Brain
glycogen could be considered as an energy store for neuronal activity, with high relevance in
epilepsies. We selected two lines of mice based upon their latency to
methionine sulfoximine (MSO) dependent-
seizures: MSO-Fast and MSO-Slow, and their neurochemical characterization was attempted in order to look for the mechanisms of epileptogeny. We determined the MSO effect on brain
glycogen in the two selected lines and their eight parental strains, and on indolamines and
catecholamines. The increase in brain
glycogen content induced by MSO is significantly lower in MSO-Fast than in MSO-Slow. At the onset of
seizures the degradation of accumulated
glycogen was higher in MSO-Slow mice than in MSO-Fast ones. Moreover, a positive correlation was observed between the magnitude of latency toward MSO-induced
seizures and brain
glycogen content in the eight parental strains used for selection. A striking proportionality between the content of
glycogen and
5-hydroxytryptamine (5-HT) was observed in cerebral cortices of both selected lines. However, the cortical
5-HT level is higher in MSO-Fast than in MSO-Slow, and it is significantly decreased at the onset of
seizures in both lines.

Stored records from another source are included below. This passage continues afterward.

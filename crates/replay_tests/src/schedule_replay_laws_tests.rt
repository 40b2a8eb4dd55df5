//! The laws can be called: nothing else of them runs.
use schedule_replay::{
    law_cluster_parts_go_on, law_cluster_trace_agrees, law_cluster_trace_gives_history,
    law_cluster_trace_shows, law_generated, law_parts_go_on, law_replay_is_legal, law_trace_agrees,
    law_trace_follows, law_trace_gives_history, law_trace_shows,
};

// A law is an empty function: its contract says it all, and the call shows that it can be called.
#[test]
fn the_laws_can_be_called() {
    law_replay_is_legal();
    law_trace_gives_history();
    law_parts_go_on();
    law_trace_follows();
    law_trace_shows();
    law_trace_agrees();
    law_cluster_trace_gives_history();
    law_cluster_parts_go_on();
    law_cluster_trace_shows();
    law_cluster_trace_agrees();
    law_generated();
}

Brain
glycogen content is implicated in the developed model of mice with different latency to MSO-dependent
seizures: The higher the brain
glycogen content, the longer the latency; and
5-HT is involved in the control of latency to
seizures-induced by MSO in these two lines. Our model of MSO "sensitive" (MSO-Fast) and "resistant" (MSO-Slow) mice could lead to a better understanding of MSO mechanisms of epileptogenesis, and the relationship between epileptogenic and glycogenic MSO effects.